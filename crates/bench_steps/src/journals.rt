// A journal over a real file.
//
//     append PATH COUNT     makes the file and appends COUNT payloads of 50 bytes
//     raw PATH COUNT        writes as many records with two syncs each, without a journal
//     open PATH COUNT       opens the file and replays its payloads, at most COUNT
//     read PATH COUNT       reads the file's bytes; COUNT is ignored
//
// The count is how many payloads or bytes there were.
use disk_model::{Disk, FileDisk};
use std::alloc::Global;
use std::fs::{File, Files, OpenOptions};
use std::io;
use tx_journal::Journal;

const PAYLOAD: [u8; 50] = [7; 50];

// As many bytes as a record of such a payload has, with the closed gate behind it.
const RECORD: [u8; 55] = [7; 55];

/// Does what `mode` says and answers the count; `None` if the disk failed, or if the words make no sense.
pub fn run<R: Files<File = File>>(
    rt: &R,
    alloc: Global,
    mode: &str,
    path: &str,
    count: &str,
) -> io::Result<Option<u64>> {
    let Ok(count) = count.parse::<u64>() else {
        return Ok(None);
    };
    let file = OpenOptions::new()
        .read(true)
        .write(true)
        .create(true)
        .open(rt, path)?;
    Ok(run_over(alloc, mode, file, count))
}

// The same over the opened file.
fn run_over(alloc: Global, mode: &str, file: File, count: u64) -> Option<u64> {
    let Ok(disk) = FileDisk::new(alloc, file) else {
        return None;
    };
    match mode {
        "append" => append_all(alloc, disk, count),
        "raw" => write_all(disk, count),
        "open" => replay_all(alloc, disk, count),
        "read" => read_all(alloc, disk),
        _ => None,
    }
}

fn append_all(alloc: Global, disk: FileDisk<File>, count: u64) -> Option<u64> {
    let Ok(mut journal) = Journal::open(alloc, disk, true) else {
        return None;
    };
    for _ in 0..count {
        if journal.append(&PAYLOAD).is_err() {
            return None;
        }
    }
    Some(count)
}

fn write_all(disk: FileDisk<File>, count: u64) -> Option<u64> {
    let mut disk = disk;
    let mut at = 9u64;
    for _ in 0..count {
        if write_one(&mut disk, at).is_none() {
            return None;
        }
        at = at.saturating_add(55);
    }
    Some(count)
}

// The four calls that write a record: two writes with a sync after each.
fn write_one(disk: &mut FileDisk<File>, at: u64) -> Option<()> {
    if disk.write_at(at, &RECORD).is_err() || disk.sync().is_err() {
        return None;
    }
    if disk.write_at(at.saturating_sub(1), &[1]).is_err() || disk.sync().is_err() {
        return None;
    }
    Some(())
}

fn replay_all(alloc: Global, disk: FileDisk<File>, count: u64) -> Option<u64> {
    let Ok(mut journal) = Journal::open(alloc, disk, false) else {
        return None;
    };
    for index in 0..count {
        match journal.replay(alloc, index) {
            Ok(Some(_)) => {}
            _ => return Some(index),
        }
    }
    Some(count)
}

fn read_all(alloc: Global, disk: FileDisk<File>) -> Option<u64> {
    let mut disk = disk;
    let mut piece = Vec::new(alloc);
    let mut at = 0u64;
    for _ in 0..u64::MAX {
        piece.clear();
        match disk.read(at, 65_536, &mut piece) {
            Ok(0) => return Some(at),
            Ok(got) => at = at.saturating_add(got as u64),
            Err(_) => return None,
        }
    }
    None
}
--
▶ _EXERCISE OBJECTIVE_: Wherever the word "FileDisk" turns up in the material, copy the whole line.

▶ _OUTPUT OF THE EXERCISE_:
use disk_model::{Disk, FileDisk};
    let Ok(disk) = FileDisk::new(alloc, file) else {
fn append_all(alloc: Global, disk: FileDisk<File>, count: u64) -> Option<u64> {
fn write_all(disk: FileDisk<File>, count: u64) -> Option<u64> {
fn write_one(disk: &mut FileDisk<File>, at: u64) -> Option<()> {
fn replay_all(alloc: Global, disk: FileDisk<File>, count: u64) -> Option<u64> {
fn read_all(alloc: Global, disk: FileDisk<File>) -> Option<u64> {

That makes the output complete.